Because health care is often viewed as an art as much as a science – and because doctors resist being told how to practice medicine – the computers that recommend the best treatment options and warn of possible drug dangers have been slow to catch on outside of the billing office. Now health care finds itself ill prepared to apply the new technology to the patient.
Among the hurdles: Medical records are handled inconsistently. One computer may code a man’s gender as a “1,” while another uses an “m” and another “male.” When medical computers try to talk to each other, the clash of symbols can cause cyber-gibberish.
“The systems that people are using to manage pharmacies or laboratories don’t produce uniformly codified data that talks the same language,” Wiesenthal says.
Because Kaiser has its own labs and pharmacies, it is expanding a system Wiesenthal helped develop in Colorado to the rest of the Kaiser system across the nation.

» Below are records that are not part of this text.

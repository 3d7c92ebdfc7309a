// Demands 2 and 3 and the worked examples. Definitions and laws only.
#![tactic(auto)]
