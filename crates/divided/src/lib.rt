// Scans in instalments are scans: definitions and laws only.
#![tactic(auto)]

The system is expected to be in every Kaiser clinic by 2002.
But the rest of the medical world is not so simple.
Even if doctors outside of the Kaiser system could get their computer to talk with the pharmacy across the street, how would they hook up? “The glib answer is the Internet,” Wiesenthal says.
But the amount of information contained in patient records makes today’s Web tools still too slow to keep up with the fast-paced doctor making rounds. A patient record, with X-rays and EKG tracings at the doctor’s fingertips, can be too huge a data file to download. And security is not yet good enough to protect patient records on the Web. Payoff In Patient Care
Still, indications are that, when done well, such systems increase quality. The VA’s computer system goes beyond error prevention, for instance, and reminds doctors of the latest care criteria for disease like diabetes and high blood pressure. A recent study found that these computerized reminders – from recommending a blood test to counseling a patient about diet or smoking – are improving VA patients’ care. More study is needed to determine why the benefits began to decline over time. “Diabetes care used to be simple,” Ferguson says. “Now it’s much more complex.” But by following computer prompts to examine diabetics’ feet and analyze their blood, he and other VA doctors believe they can reduce the number of amputations and heart attacks their patients suffer.
The concept is based on findings from studies in the medical literature. But unless they are involved in the groundbreaking research, doctors are historically slow to implement new treatments that are detailed in printed guidelines.
“You can pass those out on paper, or you can put them in automated reminders in the computer system,” Fletcher says. “Computer reminders go in very quickly and create a more uniform type of care.” And Fletcher can use the database to watch doctors and see what kind of care is being given.
This kind of oversight would take researchers poring through paper charts to determine what tests were run, what the results were, and what the outcome was. All of those questions were hard to answer without being in the exam room with the doctor and the patient. Now, answers come in a flash.
Meanwhile, privacy advocates are watching the VA system closely for breeches. Ferguson says doctors at first feared the system would be used as a report card, and many didn’t like being watched. But now the teams of doctors compete for good results. “We can (see) a report every week,” he says. “If we’re trying to reach a goal, we can see what that involves over time.”
Now other hospital systems are talking with the VA about buying the software. Because the software was developed using tax dollars, VA charges only $25 for the program that will run an entire medical network. The VA spent about $365,000 on the laptops, handheld laser scanners, wireless network gear and other hardware. An amount, staffers like to joke, that is less than the average medical errors lawsuit settlement.
“Doctors are very good and very sophisticated, but there are so many little items that need to be followed up on for good patient care,” Fletcher says. He says that if medicine plans to improve quality it will have to turn to computers: “It is the way.”